> _BRIEF_
Using the listing that follows, filter out every line lacking the string "SetTabUp" and return the rest.

> _DATA SHOWN_
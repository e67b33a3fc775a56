// Coroutines that are closed (luaB_close of lcorolib.c).
ghost use Rattle.std.specs.Prelude.{◌≡◌, [], IfOk, OnErr};
ghost use Rattle.machine_core.specs.MachineStep.{close_row};
ghost use Rattle.move_laws.specs.Memory.{InOrder, Leads};
ghost use Rattle.machine_moves.specs.Ending.{ending_of};
ghost use Rattle.lib_coroutine.specs.Arguments.{IsCalledOn};

use lua_heap::World;
use machine_coroutines::{Begun, begin_closing, close_next};
use machine_errors::blame;
use machine_moves::{Ending, take_moving};
use std::alloc::AllocError;
use table_core::CoroId;

/// Begins to close a coroutine.
pub(crate) fn close_coroutine(world: &mut World, co: CoroId) -> Result<Ending, AllocError>
    requires { IsCalledOn world.old co }
    ensures leads { IfOk result (λ ending. Leads close_row [] world.old world.new (ending_of ending)) }
    ensures order { InOrder world.new }
    ensures err { OnErr result (world.new ≡ world.old) }
{
    let room = Vec::with_capacity(world.alloc, 3)?;
    match begin_closing(world, co)? {
        Begun::Entered => {
            take_moving(world);
            Ok(close_next(world, room))
        }
        Begun::NoRoom => blame(world, b"stack overflow"),
        Begun::Running => blame(world, b"cannot close a running coroutine"),
        Begun::Normal => blame(world, b"cannot close a normal coroutine"),
    }
}
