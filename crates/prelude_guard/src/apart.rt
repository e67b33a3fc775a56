// Whether instructions keep the environment to such registers.
ghost use Rattle.std.specs.Prelude.{◌≡◌, not};
ghost use Rattle.std.specs.List.{list_all};
ghost use Rattle.code_core.specs.Fields as fields;
ghost use Rattle.code_core.specs.Instruction.{opcode_of};
ghost use Rattle.prelude_guard.specs.Checks as checks;
ghost use Rattle.prelude_guard.specs.Checks.{held_of};

use crate::held::{all_below, is_held, is_taken};
use code_core::{Instruction, Opcode, Proto};

/// Whether a register may not hold the environment.
fn is_free(outer: &Proto, own: &Proto, is_inner: bool, register: u16) -> bool
    ensures { result ≡ not (checks.is_taken (held_of outer.now own.now is_inner) own.now.own.code register) }
{
    !is_taken(outer, own, is_inner, register)
}

/// Whether the last of some registers in a row is free, if there is one.
fn last_is_free(outer: &Proto, own: &Proto, is_inner: bool, first: u8, number: u8) -> bool
    ensures { result ≡ list_all (λ r. not (checks.is_taken (held_of outer.now own.now is_inner) own.now.own.code r)) (fields.last_of first number) }
{
    number == 0
        || is_free(
            outer,
            own,
            is_inner,
            u16::from(first) + u16::from(number - 1),
        )
}

/// Whether the register C is free, unless it is a constant.
fn operand_is_free(outer: &Proto, own: &Proto, is_inner: bool, word: Instruction) -> bool
    ensures { result ≡ list_all (λ r. not (checks.is_taken (held_of outer.now own.now is_inner) own.now.own.code r)) (fields.register_or_constant word) }
{
    word.k() || is_free(outer, own, is_inner, u16::from(word.c()))
}

/// Whether all registers that an instruction names are free.
fn names_none(outer: &Proto, own: &Proto, is_inner: bool, op: Opcode, word: Instruction) -> bool
    ensures { result ≡ checks.names_none (held_of outer.now own.now is_inner) own.now.own.code op word }
{
    let a_free = is_free(outer, own, is_inner, u16::from(word.a()));
    let b_free = is_free(outer, own, is_inner, u16::from(word.b()));
    let c_free = is_free(outer, own, is_inner, u16::from(word.c()));
    let far = u16::from(word.a());
    match op {
        Opcode::Move
        | Opcode::GetI
        | Opcode::GetField
        | Opcode::AddI
        | Opcode::ShrI
        | Opcode::ShlI => a_free && b_free,
        Opcode::AddK | Opcode::SubK | Opcode::MulK | Opcode::ModK | Opcode::IDivK => a_free
            && b_free,
        Opcode::BAndK | Opcode::BOrK | Opcode::BXorK | Opcode::MmBin => a_free && b_free,
        Opcode::Unm | Opcode::BNot | Opcode::Not | Opcode::Len => a_free && b_free,
        Opcode::Eq | Opcode::Lt | Opcode::Le | Opcode::TestSet => a_free && b_free,
        Opcode::GetTable | Opcode::Add | Opcode::Sub | Opcode::Mul => a_free && b_free && c_free,
        Opcode::Mod | Opcode::IDiv | Opcode::BAnd | Opcode::BOr => a_free && b_free && c_free,
        Opcode::BXor | Opcode::Shl | Opcode::Shr => a_free && b_free && c_free,
        Opcode::SetTable => a_free && b_free && operand_is_free(outer, own, is_inner, word),
        Opcode::SetTabUp => operand_is_free(outer, own, is_inner, word),
        Opcode::SetI | Opcode::SetField => a_free && operand_is_free(outer, own, is_inner, word),
        Opcode::OpSelf => is_free(outer, own, is_inner, far + 1)
            && b_free
            && operand_is_free(outer, own, is_inner, word),
        Opcode::LoadNil | Opcode::SetList => is_free(
            outer,
            own,
            is_inner,
            far + u16::from(word.b()),
        ),
        Opcode::Concat | Opcode::TailCall => a_free
            && last_is_free(outer, own, is_inner, word.a(), word.b()),
        Opcode::Call => a_free
            && last_is_free(outer, own, is_inner, word.a(), word.b())
            && last_is_free(outer, own, is_inner, word.a(), word.c().saturating_sub(1)),
        Opcode::Return => last_is_free(outer, own, is_inner, word.a(), word.b().saturating_sub(1)),
        Opcode::ForLoop | Opcode::ForPrep | Opcode::TForPrep => is_free(
            outer,
            own,
            is_inner,
            far + 3,
        ),
        Opcode::TForCall => is_free(outer, own, is_inner, far + 6)
            && is_free(outer, own, is_inner, far + 3 + u16::from(word.c())),
        Opcode::TForLoop => is_free(outer, own, is_inner, far + 4),
        Opcode::VarArg => if word.c() == 0 {
            a_free
        } else {
            last_is_free(outer, own, is_inner, word.a(), word.c() - 1)
        },
        Opcode::Jmp | Opcode::Return0 | Opcode::VarArgPrep | Opcode::ExtraArg => true,
        Opcode::LoadF | Opcode::PowK | Opcode::DivK | Opcode::Pow | Opcode::Div => true,
        _ => a_free,
    }
}

/// Whether an instruction reads registers from A on.
fn reads_from(op: Opcode) -> bool
    ensures { result ≡ checks.reads_from op }
{
    match op {
        Opcode::Concat | Opcode::Call | Opcode::TailCall | Opcode::SetList => true,
        Opcode::Return | Opcode::Return0 | Opcode::Return1 => true,
        Opcode::ForLoop | Opcode::ForPrep | Opcode::TForCall => true,
        _ => false,
    }
}

/// Whether an instruction reads and writes no register that may hold the environment.
fn spares(outer: &Proto, own: &Proto, is_inner: bool, op: Opcode, word: Instruction) -> bool
    ensures { result ≡ checks.spares (held_of outer.now own.now is_inner) own.now.own.code op word }
{
    names_none(outer, own, is_inner, op, word)
        && (!reads_from(op) || all_below(outer, own, is_inner, word.a()))
}

/// Whether an instruction does with the environment only what the prelude may do.
fn is_apart(outer: &Proto, own: &Proto, is_inner: bool, op: Opcode, word: Instruction) -> bool
    ensures { result ≡ checks.is_apart (held_of outer.now own.now is_inner) own.now.own.code op word }
{
    match op {
        Opcode::GetUpval => !is_held(outer, own, is_inner, word.b())
            || is_taken(outer, own, is_inner, u16::from(word.a())),
        Opcode::SetUpval => !is_held(outer, own, is_inner, word.b())
            && spares(outer, own, is_inner, op, word),
        Opcode::GetTabUp | Opcode::GetField => true,
        Opcode::GetTable => is_free(outer, own, is_inner, u16::from(word.c())),
        Opcode::SetTabUp => !is_held(outer, own, is_inner, word.a())
            && spares(outer, own, is_inner, op, word),
        _ => spares(outer, own, is_inner, op, word),
    }
}

/// The same of a word, which may have no opcode.
fn word_is_apart(outer: &Proto, own: &Proto, is_inner: bool, word: Instruction) -> bool
    ensures { result ≡ checks.is_apart_by (held_of outer.now own.now is_inner) own.now.own.code word (opcode_of word) }
{
    match word.opcode() {
        None => true,
        Some(op) => is_apart(outer, own, is_inner, op, word),
    }
}

/// Whether all instructions of a function do.
pub fn code_is_apart(outer: &Proto, own: &Proto, is_inner: bool) -> bool
    ensures { result ≡ checks.code_is_apart outer.now own.now is_inner }
{
    own.code
        .iter()
        .all(|word| word_is_apart(outer, own, is_inner, *word))
}
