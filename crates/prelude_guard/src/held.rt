// The upvalues and registers of a function that may hold the environment.
ghost use Rattle.std.specs.Prelude.{◌≡◌, slice_get};
ghost use Rattle.std.specs.List.{list_all};
ghost use Rattle.prelude_guard.specs.Checks as checks;
ghost use Rattle.prelude_guard.specs.Checks.{all_held, held_of};

use code_core::{Instruction, Opcode, Proto, UpDesc};

/// Whether an instruction takes an upvalue to this register.
fn takes_to(word: Instruction, register: u8) -> bool
    ensures { result ≡ checks.takes all_held register word }
{
    match word.opcode() {
        Some(Opcode::GetUpval) => word.a() == register,
        _ => false,
    }
}

/// Whether code takes an upvalue to this register.
fn takes_any(code: &[Instruction], register: u8) -> bool
    ensures { result ≡ checks.is_taken all_held code.now register }
{
    code.iter().any(|word| takes_to(*word, register))
}

/// Whether an upvalue is a register to which code takes an upvalue.
fn is_shared(code: &[Instruction], upvalues: &[UpDesc], upvalue: u8) -> bool
    ensures { result ≡ checks.is_shared code.now (slice_get upvalues.now upvalue) }
{
    match upvalues.get(upvalue as usize) {
        Some(shared) => shared.in_stack && takes_any(code, shared.index),
        None => false,
    }
}

/// Whether an upvalue may hold the environment: each one of the prelude's own functions does. One of a function that is made by `outer` may, where it is a
/// register of `outer` that may.
pub fn is_held(outer: &Proto, own: &Proto, is_inner: bool, upvalue: u8) -> bool
    ensures { result ≡ held_of outer.now own.now is_inner upvalue }
{
    !is_inner || is_shared(&outer.code, &own.upvalues, upvalue)
}

/// Whether an instruction takes such an upvalue to this register.
fn takes(outer: &Proto, own: &Proto, is_inner: bool, word: Instruction, register: u16) -> bool
    ensures { result ≡ checks.takes (held_of outer.now own.now is_inner) register word }
{
    match word.opcode() {
        Some(Opcode::GetUpval) => is_held(outer, own, is_inner, word.b())
            && u16::from(word.a()) == register,
        _ => false,
    }
}

/// Whether a register may hold the environment.
pub fn is_taken(outer: &Proto, own: &Proto, is_inner: bool, register: u16) -> bool
    ensures { result ≡ checks.is_taken (held_of outer.now own.now is_inner) own.now.own.code register }
{
    own.code
        .iter()
        .any(|word| takes(outer, own, is_inner, *word, register))
}

/// Whether an instruction takes no such upvalue to this register, or to one behind it.
fn takes_below(outer: &Proto, own: &Proto, is_inner: bool, word: Instruction, from: u8) -> bool
    ensures { result ≡ checks.takes_below (held_of outer.now own.now is_inner) from word }
{
    match word.opcode() {
        Some(Opcode::GetUpval) => !is_held(outer, own, is_inner, word.b()) || word.a() < from,
        _ => true,
    }
}

/// Whether all registers that may hold the environment stand below this one.
pub fn all_below(outer: &Proto, own: &Proto, is_inner: bool, from: u8) -> bool
    ensures { result ≡ list_all (checks.takes_below (held_of outer.now own.now is_inner) from) own.now.own.code }
{
    own.code
        .iter()
        .all(|word| takes_below(outer, own, is_inner, *word, from))
}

> _RESULT OF THE TASK_
        Opcode::SetTabUp => operand_is_free(outer, own, is_inner, word),
        Opcode::SetTabUp => !is_held(outer, own, is_inner, word.a())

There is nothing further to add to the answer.